# Zoic Ether vs Pearl Izumi Impact Shorts



## Gedemer (Oct 2, 2013)

Looking into getting a pair before I start riding.

Which one would ya'll recommend? Both are 50-55$ after you buy enough to get the 50$ shipping on the Izumi.

Izumi Impact

Zoic


----------



## MTBAlex (Mar 29, 2006)

I bought a zoic ether shorts a month ago, and wow, I was blown away at how comfortable they are. They also breathe very very well in my opinion. But this is coming from a guy that has been wearing TLD Moto shorts and those don't breathe at all.

I like the zoic shorts and the removalbe lining so much that I bought a second pair. They are the right length for me and not too baggy.


----------



## TraxFactory (Sep 10, 1999)

I've been wearing ZOIC since their early days and cannot recommend them enough! Ive had older PI shorts that i liked but nowhere near as much as the ZOIC. Their Ether shorts are amazingly comfortable with all the stretchy stuff in the rite places. They are well constructed and last for several seasons. If you can spend the extra bucks the premium liners are worth the money IMO.


----------



## Gedemer (Oct 2, 2013)

Might have to cancel my order of Pearl Izumi Impact's then....you guys are selling me on the Zoic's


----------



## ForrestJones (May 25, 2009)

I haven't tried the PI. I have been wearing ethers for a year now, love them. The fit is not too baggy, which i prefer. They don't get hung up on the saddle when I get behind it.

They are breathable, and tough...I took a pretty good crash on a gravel road, which scratched the hell out of my lower leg, but the shorts just got a little dirty.

One nit to pick - the cargo pockets are deep and have small openings, so its harder than it should be to dig something out of them. First-world problems...


----------



## Gedemer (Oct 2, 2013)

Cancelled the Pearl Izumi and ordered the Zoic. I want "baggy" but not "too baggy" like the Izumi's look. I prefer not to get caught on my seat.

Thanks for the help.


----------



## MTBAlex (Mar 29, 2006)

You made a good choice. I'm waiting on more sales and might even get rid of my tld shorts for these .


----------



## TraxFactory (Sep 10, 1999)

pretty good ZOIC deals at modernbike.com & backcountry.com now..


----------



## bloodyknee (Jul 29, 2008)

You won't be dissapointed with the Ether's. Been wearing them for about 4 years now.


----------



## dubbaduba (Jul 23, 2012)

Another vote for the Zoic's. I also like their black market shorts. 
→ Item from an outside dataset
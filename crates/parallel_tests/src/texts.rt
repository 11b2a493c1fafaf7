//! Texts, and what is printed of their modules without parallel loops.

/// A text, for how many workers its loops are split, how many iterations a block has at least, and what is printed.
pub type Splitting = (&'static str, u32, u32, &'static str);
Sent from my SCH-I545 using Tapatalk


----------



## hey_poolboy (Jul 16, 2012)

I'm split. I have a pair of each. I like the PI liner a little better, but the zoic shorts a little better. Both are fine, but I think zoic gets the nod for overall comfort and fit. We'll see how they hold up. I've only had the zoic shorts for a few weeks.

Sent from my DROID RAZR using Tapatalk


----------



## drew840 (Mar 4, 2013)

my wife bought me the Zoic shorts from REI... only one ride with them so far but I really liked them. They breathe well and fit great, not too baggy. My only complaint was I am not a fan of the inner liner. I got XL shorts, i normally wear a 34-26 waist, but I am not using the liners from mine. I'm also newer to mtb'ing - might need those padded liners for the longer rides but I'm good without for now.


----------



## hankscorpio (Jun 20, 2012)

I have the ethers but prefer these Amazon.com: Zoic Men's Black Market Plaid Bike Shorts with RPL Essential Liner, Black Square, Large: Clothing

The ethers are very comfy and lightweight. The other ones with the clasp belt have better pocket angles imo. They are both really good though


----------



## Chad_M (Jul 11, 2013)

I like the zoics as well. Loose, but not baggy.


----------



## Gedemer (Oct 2, 2013)

I love the Zoic. The liner is a bit loose on me but whatever; it was amazing for my first ride.

Im actually on campus right now and wearing the outer shell of the zoics. They look like regular shorts and are so comfortable.


----------



## Learux (Jun 4, 2012)

Who has experience with both brands? Always had PI X-large for shorts.

Do you think that Zoic will be the same?


----------



## hey_poolboy (Jul 16, 2012)

In PI medium fits me best, but my zoic shorts have to be large. YMMV

Sent from my DROID RAZR using Tapatalk


----------



## westin (Nov 9, 2005)

My Zoic Ether is a great outershort over bibs; the liner is horrifically painful for me. A few friends purchased the Ether and pitched the liner after going to a highend bib. The PI liner is a little better, but not enough to make me switch away from a bib.


----------